- [What is expected] An exact, complete copy of the entries is what is needed.

- [Listed entries]
%%

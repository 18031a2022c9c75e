// One printed kind and one printed total of a run in order, by its place.
#![tactic(auto)]

ghost use Rattle.std.specs.Prelude.{◌≡◌, ◌<◌};
ghost use Rattle.units.specs.Rounding.{half_up};
ghost use Rattle.inventory.specs.Order.{in_billionths, sum_at};
ghost use Rattle.inventory.specs.Limits.{AmountLimits, RunLimits, TotalLimits};
ghost use Rattle.inventory.specs.Printed.{printed_total};

use inventory::{Amount, Run};
use units::Grams;

// An amount in whole grams, half up.
#[tactic(auto, using(inventory::proofs::Totals::half_grams))]
pub fn to_grams(a: Amount) -> Grams
    requires { AmountLimits a }
    ensures { result.0 ≡ half_up (in_billionths a) 1000000000 }
{
    Grams(a.grams.0 + (a.rest + 500000000) / 1000000000)
}

// The printed kind at a place of a run in order.
#[tactic(auto, using(inventory::proofs::Amounts::sum_limits), unfolding(inventory::specs::Order::sum_at))]
pub fn kind_at(run: &Run, j: usize) -> Grams
    requires run_limits { RunLimits run.now }
    requires j_bound { j < 60 }
    ensures { result.0 ≡ half_up (sum_at run.now j) 1000000000 }
{
    to_grams(run.sum(j))
}

// The printed total of a run in order, from the stored one; fuel and quantity are places and count from 0.
#[tactic(auto, using(inventory::proofs::Amounts::total_limits, crate::proofs::Totals::total_half))]
pub fn total_at(run: &Run, fuel: usize, quantity: usize) -> Grams
    requires total_limits { TotalLimits run.now }
    requires fuel_bound { (fuel < 3) × (quantity < 5) }
    ensures { result.0 ≡ printed_total run.now fuel quantity }
{
    to_grams(run.total(fuel * 5 + quantity))
}
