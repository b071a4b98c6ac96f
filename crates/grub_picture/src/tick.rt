//! The ticks of a lane: where deadlines were postponed.

use crate::bars::postponed;
use grub_timeline::Step;
use std::alloc::{AllocError, Global};
use svg::{Frame, put_number, put_text};

/// A deadline that was postponed.
#[derive(Clone, Copy)]
pub struct Tick {
    /// How far right it stands, in pixels.
    pub x: u64,

    /// When the deadline was postponed.
    pub m: u32,

    /// To which moment.
    pub deadline: u32,
}

/// The ticks of a task on runqueue `r`, by the task's own steps: one where its deadline was postponed in the span, and one
/// a column at most. It is refused where the allocator refused.
pub fn ticks_of(
    alloc: Global,
    frame: Frame,
    r: u32,
    own: &[Step],
) -> Result<Vec<Tick>, AllocError> {
    let mut ticks = Vec::new(alloc);
    let mut last = 0;
    for step in own {
        let x = frame.x(u64::from(step.told.entry.m));
        if is_tick(frame, r, step) && last < x {
            ticks.push(tick_of(frame, r, step))?;
            last = x;
        }
    }
    Ok(ticks)
}

fn tick_of(frame: Frame, r: u32, step: &Step) -> Tick {
    let m = step.told.entry.m;
    Tick {
        x: frame.x(u64::from(m)),
        m,
        deadline: postponed(r, step).unwrap_or(0),
    }
}

/// Whether a step of runqueue `r` postponed a deadline in the span.
fn is_tick(frame: Frame, r: u32, step: &Step) -> bool {
    postponed(r, step).is_some() && frame.is_in(step.told.entry.m)
}

/// Appends the ticks of the task of this name, in the lane at `y`.
pub(crate) fn put_ticks(
    out: &mut Vec<u8>,
    name: &str,
    ticks: &[Tick],
    y: u32,
) -> Result<(), AllocError> {
    for tick in ticks {
        put_number(out, b"<path class=\"k\" d=\"M", tick.x)?;
        put_number(out, b" ", u64::from(y))?;
        out.extend_from_slice(b"v16\"><title>")?;
        put_text(out, name)?;
        put_number(out, b": at ", u64::from(tick.m))?;
        put_number(
            out,
            b" its deadline was postponed to ",
            u64::from(tick.deadline),
        )?;
        out.extend_from_slice(b"</title></path>\n")?;
    }
    Ok(())
}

%%

- [Solution for this problem]
repository 18031a2022c9c75e
// One printed kind and one printed total of a run in order, by its place.
#![tactic(auto)]

ghost use Rattle.std.specs.Prelude.{◌≡◌, ◌<◌};
ghost use Rattle.units.specs.Rounding.{half_up};
ghost use Rattle.inventory.specs.Order.{in_billionths, sum_at};
ghost use Rattle.inventory.specs.Limits.{AmountLimits, RunLimits, TotalLimits};
ghost use Rattle.inventory.specs.Printed.{printed_total};

use inventory::{Amount, Run};
use units::Grams;

// An amount in whole grams, half up.
#[tactic(auto, using(inventory::proofs::Totals::half_grams))]
pub fn to_grams(a: Amount) -> Grams
    requires { AmountLimits a }
    ensures { result.0 ≡ half_up (in_billionths a) 1000000000 }
{
    Grams(a.grams.0 + (a.rest + 500000000) / 1000000000)
}

// The printed kind at a place of a run in order.
#[tactic(auto, using(inventory::proofs::Amounts::sum_limits), unfolding(inventory::specs::Order::sum_at))]
pub fn kind_at(run: &Run, j: usize) -> Grams
    requires run_limits { RunLimits run.now }
    requires j_bound { j < 60 }
    ensures { result.0 ≡ half_up (sum_at run.now j) 1000000000 }
{
    to_grams(run.sum(j))
}

// The printed total of a run in order, from the stored one; fuel and quantity are places and count from 0.
#[tactic(auto, using(inventory::proofs::Amounts::total_limits, crate::proofs::Totals::total_half))]
pub fn total_at(run: &Run, fuel: usize, quantity: usize) -> Grams
    requires total_limits { TotalLimits run.now }
    requires fuel_bound { (fuel < 3) × (quantity < 5) }
    ensures { result.0 ≡ printed_total run.now fuel quantity }
{
    to_grams(run.total(fuel * 5 + quantity))
}
repository b071a4b98c6ac96f
filename crates/grub_picture/src/tick.rt
//! The ticks of a lane: where deadlines were postponed.

use crate::bars::postponed;
use grub_timeline::Step;
use std::alloc::{AllocError, Global};
use svg::{Frame, put_number, put_text};

/// A deadline that was postponed.
#[derive(Clone, Copy)]
pub struct Tick {
    /// How far right it stands, in pixels.
    pub x: u64,

    /// When the deadline was postponed.
    pub m: u32,

    /// To which moment.
    pub deadline: u32,
}

/// The ticks of a task on runqueue `r`, by the task's own steps: one where its deadline was postponed in the span, and one
/// a column at most. It is refused where the allocator refused.
pub fn ticks_of(
    alloc: Global,
    frame: Frame,
    r: u32,
    own: &[Step],
) -> Result<Vec<Tick>, AllocError> {
    let mut ticks = Vec::new(alloc);
    let mut last = 0;
    for step in own {
        let x = frame.x(u64::from(step.told.entry.m));
        if is_tick(frame, r, step) && last < x {
            ticks.push(tick_of(frame, r, step))?;
            last = x;
        }
    }
    Ok(ticks)
}

fn tick_of(frame: Frame, r: u32, step: &Step) -> Tick {
    let m = step.told.entry.m;
    Tick {
        x: frame.x(u64::from(m)),
        m,
        deadline: postponed(r, step).unwrap_or(0),
    }
}

/// Whether a step of runqueue `r` postponed a deadline in the span.
fn is_tick(frame: Frame, r: u32, step: &Step) -> bool {
    postponed(r, step).is_some() && frame.is_in(step.told.entry.m)
}

/// Appends the ticks of the task of this name, in the lane at `y`.
pub(crate) fn put_ticks(
    out: &mut Vec<u8>,
    name: &str,
    ticks: &[Tick],
    y: u32,
) -> Result<(), AllocError> {
    for tick in ticks {
        put_number(out, b"<path class=\"k\" d=\"M", tick.x)?;
        put_number(out, b" ", u64::from(y))?;
        out.extend_from_slice(b"v16\"><title>")?;
        put_text(out, name)?;
        put_number(out, b": at ", u64::from(tick.m))?;
        put_number(
            out,
            b" its deadline was postponed to ",
            u64::from(tick.deadline),
        )?;
        out.extend_from_slice(b"</title></path>\n")?;
    }
    Ok(())
}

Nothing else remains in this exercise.